Recycling has become far more commonplace since the mid 20th century. Originally, the majority of households disposed of their wastes into land. In 1942, during World War II, President Franklin D. Roosevelt established the War Production Board, which had people and companies focus on prioritizing the distribution of materials to war needs. Nazi Germany also implemented recycling techniques, not motivated by nature conservation but for resource allocation for the war effort. Their recycling policy involved separating waste into three containers: general waste, metal-containing waste, and food waste. Nazi policies were met with resistance by the countries they occupied. Notably, the Dutch cross contaminated the waste to reduce its efficiency.

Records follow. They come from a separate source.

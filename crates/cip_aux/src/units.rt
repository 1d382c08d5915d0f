// Units at nodes of a digraph, and where each has its other end.
pub mod subtree_flags;
pub mod unit_ends;
pub mod unit_index;
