// Parities of units as seen from a node, and those that are kept.
pub mod parity;
pub mod parity_cache;
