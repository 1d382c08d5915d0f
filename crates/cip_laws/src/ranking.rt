// Digraphs and their rules.
pub mod alternation;
pub mod digraphs;
pub mod ring_search;
pub mod rings;
pub mod rules;
pub mod ties;
pub mod trees;
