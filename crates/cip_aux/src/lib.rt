//! The auxiliary descriptors of a whole digraph.
//!
//! `auxiliaries` finds them from the last node to the first. At each node where a unit ends it requests the parity of
//! the node's ligands from a `LigandRanker`, which the caller supplies. `ParityCache` caches the parities that Rules 1a
//! to 2 decide, since they hold for any senses. `UnitIndex` finds the units that end at a vertex, and `flag_subtrees`
//! extends flags to all nodes below. Uses the definitions of `cip_digraph`.
#![tactic(auto)]

mod auxiliary_descriptors;
mod context;
mod ligand_nodes;
mod ligand_ranker;
mod node_descriptor;
mod parities;
mod units;
mod whole_digraph;

pub use auxiliary_descriptors::{AuxiliaryRequest, auxiliaries};
pub use context::InnerContext;
pub use ligand_ranker::{FoundParity, LigandRanker};
pub use parities::parity_cache::{CachedParity, ParityCache};
pub use units::subtree_flags::flag_subtrees;
pub use units::unit_index::UnitIndex;
pub use whole_digraph::WholeDigraph;
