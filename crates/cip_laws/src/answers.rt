// Laws of answers.
ghost use Rattle.cip_answer.specs.Laws.{LinesBehindChangeNothing};
ghost use Rattle.cip_answer.specs.Worked.{AreAnswered};

/// Where a record isn't refused for a line that is missing, lines after it don't change its answer.
#[tactic(auto, using(crate::proofs::lemmas::answered::LinesBehind::lines_behind))]
pub fn lines_behind_change_nothing()
    ensures { LinesBehindChangeNothing }
{}

/// Bromochlorofluoromethane, its mirror image and records like them have the worked answers.
pub fn worked_records_are_answered()
    ensures { AreAnswered }
{}
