// Streams that several workers share.
ghost use Rattle.std.specs.Prelude.{◌==◌, ◌<◌, ◌∷◌, ◌++◌, [], None, codes, decimal, length, true};
ghost use Rattle.cip_text.specs.Lines.{line_feed};

use cip_batch::{
    LIMITS, Open, RecordOutput, RecordProcessor, StreamStatus, WorkerPool, process_stream,
};
use cip_io::{MemSink, MemSource};
use gate_tables::{Row, Text};
use std::alloc::{AllocError, Global};
use std::thread::Threads;

// Writes the number of a record and how many bytes it has. One with a single byte is flagged.
#[derive(Drop)]
struct Lengths;

impl RecordProcessor for Lengths {
    type State = ();

    type Note = ();

    ghost expected = { λ _. record {
      text = λ number bytes. decimal number ++ (codes ":" ++ (decimal (length bytes) ++ (line_feed ∷ [])));
      verdict = λ number bytes. record { flagged = length bytes == 1; note = None };
      keeps_blank_tail = true;
    } };

    fn new_state(&self, _alloc: Global) -> Result<(), AllocError> {
        Ok(())
    }

    fn process(
        &self,
        alloc: Global,
        _desk: &mut (),
        number: u64,
        bytes: &[u8],
    ) -> Result<RecordOutput<()>, AllocError> {
        let len = bytes.len();
        let line = format!(in alloc; "{number}:{len}\n")?;
        Ok(RecordOutput {
            text: line.into_bytes(),
            verdict: StreamStatus {
                flagged: len == 1,
                note: None,
            },
        })
    }

    fn keeps_blank_tail(&self) -> bool {
        true
    }
}

// Twenty records of three letters and a terminator line, and a tail.
fn bytes_before(alloc: Global, tail: &[u8]) -> Result<Vec<u8>, AllocError> {
    let mut bytes = Vec::new(alloc);
    for _ in 0..20 {
        bytes.extend_from_slice(b"xxx\n$$$$\n")?;
    }
    bytes.extend_from_slice(tail)?;
    Ok(bytes)
}

/// What is written for a stream of twenty records and a tail, in pieces of a size and by n workers; and whether a
/// record is flagged.
pub fn stream<R: Threads + Sync>(rt: &R, alloc: Global, out: &mut Text, row: &Row) {
    let Ok(mut sink) = MemSink::with_room(alloc, 5, 500, Vec::new(alloc)) else {
        return out.miss();
    };
    let flagged = is_flagged(rt, alloc, row, &mut sink);
    out.push_bytes(sink.into_bytes().as_slice());
    match flagged {
        Ok(true) => out.push_str("flagged"),
        Ok(false) => {}
        Err(_) => out.miss(),
    }
}

fn is_flagged<R: Threads + Sync>(
    rt: &R,
    alloc: Global,
    row: &Row,
    sink: &mut MemSink,
) -> Result<bool, AllocError> {
    let bytes = bytes_before(alloc, row.field(2).as_bytes())?;
    let mut source = MemSource::steady(bytes, row.number(3).max(1) as usize);
    let pool = WorkerPool {
        rt,
        alloc,
        gate: &Open,
        workers: row.number(4).clamp(1, 16) as u8,
    };
    match process_stream(&pool, &Lengths, LIMITS, &mut source, sink) {
        Ok(verdict) => Ok(verdict.flagged),
        Err(_) => Err(AllocError),
    }
}
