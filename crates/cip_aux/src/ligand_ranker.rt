// A digraph as it is seen from one of its nodes.
ghost use Rattle.std.specs.Prelude.{◌≡◌, ℕ, All, Contains, IfOk, IfSome};
ghost use Rattle.cip_digraph.specs.digraph.NodeList.{parents_of};
ghost use Rattle.cip_aux.specs.InnerContext.{Ready};
ghost use Rattle.cip_aux.specs.DescriptorsInside.{AreSeenTurns};
ghost use Rattle.cip_aux.specs.Neighbours.{neighbours_of};
ghost use Rattle.cip_aux.specs.Views.{DigraphView};

use crate::context::InnerContext;
use cip_digraph::{Nodes, Parity};
use std::alloc::{AllocError, Global};

/// How ligands turn a sense, not at all where two of them tie, and whether constitution alone decided it: then it holds
/// whichever descriptors there are.
#[derive(Clone, Copy)]
pub struct FoundParity {
    pub parities: Option<Parity>,
    pub by_constitution: bool,
}

/// What looks at whole digraphs from their nodes, and says how ligands turn a sense.
pub trait LigandRanker {
    /// For how many nodes there is room.
    ghost room: { Self → ℕ };

    /// There is room for a digraph, and cached rankings are of this one.
    ghost stands: { Self → DigraphView → Type 0 };

    /// How ligands of a real node turn a sense, with the descriptors that count at another one. A lone pair is below
    /// every node.
    fn ligand_parity<N: Nodes>(
        &mut self,
        alloc: Global,
        inner: &InnerContext<'_, N>,
        node: u32,
        ligands: &[Option<u32>],
    ) -> Result<FoundParity, AllocError>
        requires stands { stands self.old inner.now.sight }
        requires ready { Ready inner.now node }
        requires ligands { All (λ ligand. IfSome ligand (Contains (neighbours_of (parents_of inner.now.sight.node_data) node)))
            ligands.now }
        ensures room { room self.new ≡ room self.old }
        ensures stands { stands self.new inner.now.sight }
        ensures parities { IfOk result (AreSeenTurns inner.now node ligands.now) };
}
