// Batches of jobs that several workers share.
ghost use Rattle.std.specs.Prelude.{◌<◌, ◌^◌, length};

use cip_batch::{Gate, Job, Open, Worker, map_batch};
use gate_tables::Text;
use std::alloc::{AllocError, Global};
use std::sync::atomic::{AtomicU64, Ordering};
use std::thread::Threads;

// How often a counter is looked at before the wait is given up: some tenths of a second.
const TURNS: u64 = 100_000_000;

// How many jobs began, and whether one waited in vain.
#[derive(Drop)]
struct Met {
    begun: AtomicU64,
    missed: AtomicU64,
}

impl Met {
    fn new() -> Met {
        Met {
            begun: AtomicU64::new(0),
            missed: AtomicU64::new(0),
        }
    }
}

// A job that answers its number. The one whose work begins first, whichever it is, waits in it for the next one.
#[derive(Drop)]
struct Held<'a> {
    number: u32,
    met: &'a Met,
}

impl<'a> Job for Held<'a> {
    type Out = u32;

    type State = u32;

    ghost answer = { λ job. job.number };

    fn weight(&self) -> u64 {
        1
    }

    fn work(&self, state: &mut u32) -> Result<u32, AllocError> {
        *state = state.wrapping_add(1);
        if self.met.begun.fetch_add(1, Ordering::SeqCst) > 0 {
            return Ok(self.number);
        }
        for _ in 0..TURNS {
            if self.met.begun.load(Ordering::SeqCst) > 1 {
                return Ok(self.number);
            }
            std::hint::spin_loop();
        }
        self.met.missed.store(1, Ordering::SeqCst);
        Ok(self.number)
    }
}

fn held_jobs(alloc: Global, met: &Met) -> Result<Vec<Held<'_>>, AllocError> {
    let mut jobs = Vec::new(alloc);
    for number in 100..116u32 {
        jobs.push(Held { number, met })?;
    }
    Ok(jobs)
}

fn workers_at_desks(alloc: Global, count: u32) -> Result<Vec<Worker<u32, u32>>, AllocError> {
    let mut workers = Vec::new(alloc);
    for _ in 0..count {
        workers.push(Worker::new(alloc, 0u32))?;
    }
    Ok(workers)
}

// The answers to jobs that n workers share.
fn push_shared<R: Threads + Sync, J: Job<Out = u32, State = u32> + Sync, G: Gate + Sync>(
    rt: &R,
    alloc: Global,
    out: &mut Text,
    jobs: &[J],
    count: u32,
    gate: &G,
)
    requires { length jobs.now < 2 ^ 63 }
{
    match shared(rt, alloc, jobs, count, gate) {
        Ok(answers) => push_numbers(out, &answers),
        Err(_) => out.miss(),
    }
}

fn shared<R: Threads + Sync, J: Job<Out = u32, State = u32> + Sync, G: Gate + Sync>(
    rt: &R,
    alloc: Global,
    jobs: &[J],
    count: u32,
    gate: &G,
) -> Result<Vec<u32>, AllocError>
    requires { length jobs.now < 2 ^ 63 }
{
    let mut workers = workers_at_desks(alloc, count)?;
    if workers.is_empty() || workers.len() > 16 {
        return Err(AllocError);
    }
    map_batch(rt, alloc, jobs, &mut workers, gate)
}

fn push_numbers(out: &mut Text, numbers: &[u32]) {
    for number in numbers {
        out.push_number(i64::from(*number));
    }
}

/// The answers to sixteen jobs that n workers share, how many began, and whether one waited in vain: two are worked
/// on at once, which one thread alone can't.
pub fn meeting_jobs_told<R: Threads + Sync>(rt: &R, alloc: Global, out: &mut Text, workers: u32) {
    let met = Met::new();
    match held_jobs(alloc, &met) {
        Ok(jobs) => push_shared(rt, alloc, out, &jobs, workers, &Open),
        Err(_) => out.miss(),
    }
    push_counts(out, &met.begun, &met.missed)
}

fn push_counts(out: &mut Text, one: &AtomicU64, other: &AtomicU64) {
    let one = one.load(Ordering::SeqCst);
    let other = other.load(Ordering::SeqCst);
    write!(out, "; {one} {other}")
}

// A gate that counts those that come, and adds up their places.
#[derive(Drop)]
struct Counted {
    begun: AtomicU64,
    places: AtomicU64,
}

impl Counted {
    fn new() -> Counted {
        Counted {
            begun: AtomicU64::new(0),
            places: AtomicU64::new(0),
        }
    }
}

impl Gate for Counted {
    fn enter(&self, place: u64) {
        self.begun.fetch_add(1, Ordering::SeqCst);
        self.places.fetch_add(place, Ordering::SeqCst);
    }
}

// A job that turns so often before it answers its number.
#[derive(Drop)]
struct Long {
    number: u32,
    rounds: u32,
}

impl Job for Long {
    type Out = u32;

    type State = u32;

    ghost answer = { λ job. job.number };

    fn weight(&self) -> u64 {
        1
    }

    fn work(&self, _desk: &mut u32) -> Result<u32, AllocError> {
        for _ in 0..self.rounds {
            std::hint::spin_loop();
        }
        Ok(self.number)
    }
}

fn long_jobs(alloc: Global) -> Result<Vec<Long>, AllocError> {
    let mut jobs = Vec::new(alloc);
    for number in 0..100u32 {
        let rounds = if number % 17 == 3 { 1_000_000 } else { number };
        jobs.push(Long { number, rounds })?;
    }
    Ok(jobs)
}

/// The answers to a hundred jobs of very unlike length that n workers share, how many entered the gate, and the sum
/// of their places.
pub fn long_jobs_told<R: Threads + Sync>(rt: &R, alloc: Global, out: &mut Text, workers: u32) {
    let counted = Counted::new();
    match long_jobs(alloc) {
        Ok(jobs) => push_shared(rt, alloc, out, &jobs, workers, &counted),
        Err(_) => out.miss(),
    }
    push_counts(out, &counted.begun, &counted.places)
}

// A job that notes by whose state it was done. The state of each worker holds its number.
#[derive(Drop)]
struct Noted<'a> {
    weight: u64,
    state: &'a AtomicU64,
}

impl<'a> Job for Noted<'a> {
    type Out = u64;

    type State = u64;

    ghost answer = { λ job. job.weight };

    fn weight(&self) -> u64 {
        self.weight
    }

    fn work(&self, state: &mut u64) -> Result<u64, AllocError> {
        self.state.store(*state, Ordering::SeqCst);
        Ok(self.weight)
    }
}

/// By whose states four jobs were done, which weigh 20, 10, 5 and 10: the worker's who has the least so far, the first
/// of two who have the same. The last one needs no thread of its own and begins with 0, the other with 5, a quarter of
/// a share.
pub fn dealt<R: Threads + Sync>(rt: &R, alloc: Global, out: &mut Text) {
    let desks = [
        AtomicU64::new(9),
        AtomicU64::new(9),
        AtomicU64::new(9),
        AtomicU64::new(9),
    ];
    if deal_to_two(rt, alloc, &desks).is_err() {
        return out.miss();
    }
    for state in &desks {
        write!(out, "{} ", state.load(Ordering::SeqCst));
    }
}

fn deal_to_two<R: Threads + Sync>(
    rt: &R,
    alloc: Global,
    desks: &[AtomicU64; 4],
) -> Result<(), AllocError> {
    let jobs = [
        weighing(20, &desks[0]),
        weighing(10, &desks[1]),
        weighing(5, &desks[2]),
        weighing(10, &desks[3]),
    ];
    let mut workers = [Worker::new(alloc, 0), Worker::new(alloc, 1)];
    map_batch(rt, alloc, &jobs, &mut workers, &Open)?;
    Ok(())
}

fn weighing(weight: u64, state: &AtomicU64) -> Noted<'_> {
    Noted { weight, state }
}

After World War II, people in the United States were becoming more aware of the landfill effects. In response to public concern, the U.S. Environmental Protection Agency (EPA) was formed by President Richard Nixon.

The United States was not the only country concerned about the effects of landfilled waste. In 1972, Dutch activists Babs Riemens-Jagerman and Miep Kuiper-Verkuyl, installed a container in Zeist to collect glass_{.}

In 1974, Missouri, the first recycling bin designed to collect paper, “The Tree Saver”, was introduced. While beneficial in some respects, the "Tree Saver" had limitations, as it required people to transport the materials or leave them in front of their homes for pickup.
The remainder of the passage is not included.